Our first Carmenere, Morande Pionero Carmenere 2009, was an entry-level, bargain buy. Not that there’s anything wrong with that… But it usually dictates the style: you can expect the wine to be lighter-bodied, less complex, and less structured. And you know what? That’s often just what you’re looking for…

But last night we stepped up to a more upscale Carmenere. This one, Errazuriz Single Vineyard Carmenere 2008, is priced almost twice as much as the Pionero (although still under $20), and comes from a winery that’s been producing wines for more than 100 years. Errazuriz is very well respected, too: they get high ratings from Robert Parker’s The Wine Advocate and all the big boys. So let’s get to it…

As its name implies, the grapes for this wine are sourced from a single estate vineyard. Does this make a discernible difference? You bet — it’s assumed that the grapes are of higher quality than those used for a blend. The Errazuriz opened with a bright purple color and a tight nose: it seemed to me that this wine is still young and needs more time to develop. By swirling like crazy I got some subtle aromas of red berries and iodine. After more swirling like crazy, I sipped, and the red fruits were there, with some earthiness chasing them around the glass. I still sensed a tightness, as though this thing was hiding its best features.

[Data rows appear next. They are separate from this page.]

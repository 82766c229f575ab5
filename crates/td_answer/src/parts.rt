//! The parts of a question, as options by which `worst` searches them.

ghost use Rattle.std.specs.Prelude.{◌≡◌, ◌∷◌, ◌++◌, [], map, codes, decimal, IfOk, IfErr, OnOk, None as Nothing};
ghost use Rattle.std.specs.List.{flat_map};
ghost use Rattle.td_inputs.specs.Placings.{words_by_place, text_of};
ghost use Rattle.td_answer.specs.Parts.{given_words, number_words, default_words, pins_words, question_words, asked_words, keep_option, condition_words, output_words, reading_words, part_words, HasParts, IsTrueParts, IsRefusedParts};
ghost use Rattle.td_answer.specs.Writing.{CanBeWritten};

use crate::outcome::Outcome;
use crate::pins::trits;
use crate::refusal::Refusal;
use crate::worst::method_of;
use std::alloc::{AllocError, Global};
use td_domain::Cube;
use td_inputs::ByPlace;
use td_lines::{Label, Line, Part, Report};
use td_parts::cut;
use td_question::{question_of, words_of};
use td_reading::Reading;
use td_request::Parts;
use td_search::{Problem, SearchFault};

/// What the options of each part say of its pairs besides pins, and of moments.
#[derive(Clone, Copy)]
struct Said<'a> {
    placed: &'a ByPlace,
    flips: Option<u64>,
    /// The moment that is required.
    required: Option<u64>,
    /// The words of conditions.
    keep: &'a [&'a [u8]],
    /// The file of conditions.
    keep_file: Option<&'a str>,
}

/// Appends a word.
fn push_word(alloc: Global, words: &mut Vec<Label>, word: &str) -> Result<(), AllocError>
    ensures { OnOk result (words.new.items ≡ words.old.items ++ word.now ∷ []) }
{
    let word = String::from_str(alloc, word)?;
    words.push(Label::new(word))?;
    Ok(())
}

/// Appends an option and its word.
fn push_option(
    alloc: Global,
    words: &mut Vec<Label>,
    name: &str,
    word: &str,
) -> Result<(), AllocError>
    ensures { OnOk result (words.new.items ≡ words.old.items ++ name.now ∷ word.now ∷ []) }
{
    push_word(alloc, words, name)?;
    push_word(alloc, words, word)
}

/// Appends an option as it is given, where it is.
fn push_given(
    alloc: Global,
    words: &mut Vec<Label>,
    name: &str,
    word: Option<&str>,
) -> Result<(), AllocError>
    ensures { OnOk result (words.new.items ≡ words.old.items ++ given_words name.now (text_of word.entry)) }
{
    match word {
        None => Ok(()),
        Some(word) => push_option(alloc, words, name, word),
    }
}

/// Appends an option and its number.
fn push_number(
    alloc: Global,
    words: &mut Vec<Label>,
    name: &str,
    number: u64,
) -> Result<(), AllocError>
    ensures { OnOk result (words.new.items ≡ words.old.items ++ name.now ∷ decimal number ∷ []) }
{
    let word = format!(in alloc; "{number}")?;
    push_option(alloc, words, name, &word)
}

/// Appends an option and its number, where it is given.
fn push_count(
    alloc: Global,
    words: &mut Vec<Label>,
    name: &str,
    number: Option<u64>,
) -> Result<(), AllocError>
    ensures { OnOk result (words.new.items ≡ words.old.items ++ number_words name.now number) }
{
    match number {
        None => Ok(()),
        Some(number) => push_number(alloc, words, name, number),
    }
}

/// Appends a default delay, where it isn't that of one step.
fn push_default(
    alloc: Global,
    words: &mut Vec<Label>,
    name: &str,
    steps: u32,
) -> Result<(), AllocError>
    ensures { OnOk result (words.new.items ≡ words.old.items ++ default_words name.now steps) }
{
    if steps == 1 {
        return Ok(());
    }
    push_number(alloc, words, name, u64::from(steps))
}

/// Appends the pins of a part.
fn push_pins(alloc: Global, words: &mut Vec<Label>, cube: &Cube) -> Result<(), AllocError>
    ensures { OnOk result (words.new.items ≡ words.old.items ++ pins_words cube.now) }
{
    let first = trits(alloc, cube, false)?;
    push_option(alloc, words, "--first", &first)?;
    let second = trits(alloc, cube, true)?;
    push_option(alloc, words, "--second", &second)
}

/// Appends what the question says of the pairs of each part and of moments.
fn push_question(
    alloc: Global,
    words: &mut Vec<Label>,
    placed: &ByPlace,
    flips: Option<u64>,
) -> Result<(), AllocError>
    ensures { OnOk result (words.new.items ≡ words.old.items ++ question_words (words_by_place placed.now) flips) }
{
    push_given(alloc, words, "--hold", placed.hold.as_deref())?;
    push_count(alloc, words, "--flips", flips)?;
    push_given(alloc, words, "--at", placed.at.as_deref())
}

/// And what is required of them.
fn push_asked(alloc: Global, words: &mut Vec<Label>, said: Said<'_>) -> Result<(), AllocError>
    ensures { OnOk result (words.new.items ≡ words.old.items ++ asked_words (words_by_place said.entry.placed.now) said.entry.flips said.entry.required) }
{
    push_question(alloc, words, said.placed, said.flips)?;
    push_count(alloc, words, "--required", said.required)
}

/// Appends the option of a condition. The words of a command line are texts.
fn push_condition(alloc: Global, words: &mut Vec<Label>, word: &[u8]) -> Result<(), AllocError>
    ensures { OnOk result (words.new.items ≡ words.old.items ++ codes "--keep" ∷ word.now ∷ []) }
{
    match str::from_utf8(word) {
        Ok(word) => push_option(alloc, words, "--keep", word),
        Err(_) => Err(AllocError),
    }
}

/// Appends the option of each condition.
fn push_keep(alloc: Global, words: &mut Vec<Label>, keep: &[&[u8]]) -> Result<(), AllocError>
    ensures { OnOk result (words.new.items ≡ words.old.items ++ flat_map keep_option keep.now) }
{
    for word in keep {
        push_condition(alloc, words, word)?;
    }
    Ok(())
}

/// Appends the options of conditions, and that of a file of them.
fn push_conditions(
    alloc: Global,
    words: &mut Vec<Label>,
    keep: &[&[u8]],
    file: Option<&str>,
) -> Result<(), AllocError>
    ensures { OnOk result (words.new.items ≡ words.old.items ++ condition_words (map (λ word. word.now) keep.now) (text_of file.entry)) }
{
    push_keep(alloc, words, keep)?;
    push_given(alloc, words, "--keep-file", file)
}

/// Appends the option of each output that is asked about.
fn push_outputs(alloc: Global, words: &mut Vec<Label>, names: &[&str]) -> Result<(), AllocError>
    ensures { OnOk result (words.new.items ≡ words.old.items ++ flat_map output_words names.now) }
{
    for name in names {
        push_option(alloc, words, "--output", name)?;
    }
    Ok(())
}

/// Appends how the netlist's text is read.
fn push_reading(
    alloc: Global,
    words: &mut Vec<Label>,
    reading: &Reading<'_>,
) -> Result<(), AllocError>
    ensures { OnOk result (words.new.items ≡ words.old.items ++ reading_words reading.now) }
{
    push_default(alloc, words, "--default-rise", reading.default.rise)?;
    push_default(alloc, words, "--default-fall", reading.default.fall)?;
    push_outputs(alloc, words, reading.outputs.names())
}

/// The options of one part.
fn part_of(
    alloc: Global,
    cube: &Cube,
    said: Said<'_>,
    reading: &Reading<'_>,
) -> Result<Part, AllocError>
    ensures { IfOk result (λ part. part.words.items ≡ part_words reading.now (words_by_place said.entry.placed.now) said.entry.flips said.entry.required (map (λ word. word.now) said.entry.keep.now) (text_of said.entry.keep_file) cube.now) }
{
    let mut words = Vec::new(alloc);
    push_pins(alloc, &mut words, cube)?;
    push_asked(alloc, &mut words, said)?;
    push_conditions(alloc, &mut words, said.keep, said.keep_file)?;
    push_reading(alloc, &mut words, reading)?;
    Ok(Part { words })
}

/// The line of the parts.
fn line_of(
    alloc: Global,
    cubes: &[Cube],
    said: Said<'_>,
    reading: &Reading<'_>,
) -> Result<Line, AllocError>
    ensures { IfOk result (HasParts (map (part_words reading.now (words_by_place said.entry.placed.now) said.entry.flips said.entry.required (map (λ word. word.now) said.entry.keep.now) (text_of said.entry.keep_file)) cubes.now)) }
{
    let mut parts = Vec::new(alloc);
    for cube in cubes {
        let part = part_of(alloc, cube, said, reading)?;
        parts.push(part)?;
    }
    Ok(Line::Parts(parts))
}

/// A report of one line.
fn report_of(alloc: Global, line: Line) -> Result<Report, AllocError>
    ensures { IfOk result (λ report. report ≡ line ∷ []) }
{
    let mut report = Report::new(alloc);
    report.add(line)?;
    Ok(report)
}

/// The parts of what a request asks of a text.
pub(crate) fn parts<'n, 'w>(
    alloc: Global,
    text: &'n [u8],
    reading: &Reading<'_>,
    asked: &Parts<'w>,
) -> Result<Outcome, Refusal<'n, 'w>>
    ensures says { IfOk result (IsTrueParts text.now reading.now asked.now) }
    ensures certified { IfOk result (λ outcome. outcome.certificate ≡ Nothing) }
    ensures written { IfOk result CanBeWritten }
    ensures refusal { IfErr result (IsRefusedParts text.now reading.now asked.now) }
{
    let about = question_of(alloc, text, reading, &asked.question)?;
    let problem = Problem {
        circuit: &about.circuit,
        admit: &about.admit,
        strategy: method_of(asked.strategy).strategy(),
    };
    let cubes = cut(alloc, &problem, asked.count.parts as usize)?;
    if cubes.is_empty() {
        return Err(Refusal::Search(SearchFault::NoPair));
    }
    let keep = words_of(alloc, asked.question.inputs.named)?;
    let said = Said {
        placed: &about.words,
        flips: asked.question.flips,
        required: asked.required,
        keep: &keep,
        keep_file: asked.question.keep_file,
    };
    let line = line_of(alloc, &cubes, said, reading)?;
    let report = report_of(alloc, line)?;
    Ok(Outcome::done(report))
}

I was a little frustrated by now: I’d expected to be wow’ed by this wine, because it got a great rating from the Wine God himself. I wasn’t finding this wine to be “mouth-filling and pleasure-bent.” On the contrary, I was working way too hard to pull something out of this bottle.

So I thought about the lost-and-found-again Carmenere grape. In France, it was a blending grape, grown to play its part in the pageant that was Bordeaux. In Chile, it found a second home, and one where the friendlier climate allowed it to reach its potential. But does it really have the potential to carry a wine all by itself? Or should winemakers accept its mission to be a contributing player on a bigger playing field?

Maybe. If this is a great Carmenere, maybe this grape doesn’t have everything I need to create a single varietal that I can love. When it comes right down to it, I’d rather drink the simple but pleasurable Pionero Carmenere, and save myself a few bucks.

But please: if you’ve had a really good Carmenere, send me the name so I can check it out. In the meantime: try Malbec instead??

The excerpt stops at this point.